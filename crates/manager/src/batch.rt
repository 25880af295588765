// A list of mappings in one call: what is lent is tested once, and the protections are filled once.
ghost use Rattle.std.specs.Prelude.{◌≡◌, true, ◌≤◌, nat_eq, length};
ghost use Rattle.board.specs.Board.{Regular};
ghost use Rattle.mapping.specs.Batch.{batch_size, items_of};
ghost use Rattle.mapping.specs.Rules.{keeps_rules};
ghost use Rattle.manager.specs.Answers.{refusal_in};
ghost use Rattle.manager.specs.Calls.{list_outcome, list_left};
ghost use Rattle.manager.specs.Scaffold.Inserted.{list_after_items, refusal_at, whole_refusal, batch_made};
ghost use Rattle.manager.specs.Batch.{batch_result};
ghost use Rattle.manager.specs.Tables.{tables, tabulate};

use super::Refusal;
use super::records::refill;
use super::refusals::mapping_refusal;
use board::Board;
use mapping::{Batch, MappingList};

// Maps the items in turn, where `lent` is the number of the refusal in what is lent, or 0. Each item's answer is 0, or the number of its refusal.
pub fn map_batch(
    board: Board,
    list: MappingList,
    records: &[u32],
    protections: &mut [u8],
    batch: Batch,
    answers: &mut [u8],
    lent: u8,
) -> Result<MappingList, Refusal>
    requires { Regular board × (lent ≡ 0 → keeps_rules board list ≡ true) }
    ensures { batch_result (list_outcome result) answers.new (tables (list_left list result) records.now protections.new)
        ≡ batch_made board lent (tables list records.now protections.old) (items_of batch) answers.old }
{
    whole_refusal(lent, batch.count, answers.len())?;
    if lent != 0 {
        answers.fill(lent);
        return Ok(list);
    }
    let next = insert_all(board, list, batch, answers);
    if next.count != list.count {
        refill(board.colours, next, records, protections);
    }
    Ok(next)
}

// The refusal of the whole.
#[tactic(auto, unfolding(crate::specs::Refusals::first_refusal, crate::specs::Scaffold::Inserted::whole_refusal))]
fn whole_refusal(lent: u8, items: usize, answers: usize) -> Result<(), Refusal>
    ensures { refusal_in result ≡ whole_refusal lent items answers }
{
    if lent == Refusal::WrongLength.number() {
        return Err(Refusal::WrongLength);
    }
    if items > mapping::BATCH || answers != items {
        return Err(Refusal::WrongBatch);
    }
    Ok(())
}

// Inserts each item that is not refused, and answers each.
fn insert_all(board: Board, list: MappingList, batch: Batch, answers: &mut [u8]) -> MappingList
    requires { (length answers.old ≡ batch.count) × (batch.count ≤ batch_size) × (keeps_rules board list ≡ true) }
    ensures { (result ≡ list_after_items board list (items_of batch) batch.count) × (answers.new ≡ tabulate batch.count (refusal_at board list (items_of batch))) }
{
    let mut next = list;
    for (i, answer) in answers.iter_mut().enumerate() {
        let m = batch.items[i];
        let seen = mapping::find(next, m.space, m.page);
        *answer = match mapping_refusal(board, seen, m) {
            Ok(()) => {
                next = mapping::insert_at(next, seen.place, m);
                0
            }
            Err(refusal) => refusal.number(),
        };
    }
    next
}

———

## Assigned task
Scan the entries above and show each line that contains the word "seen".

## Written answer
        let seen = mapping::find(next, m.space, m.page);
        *answer = match mapping_refusal(board, seen, m) {
                next = mapping::insert_at(next, seen.place, m);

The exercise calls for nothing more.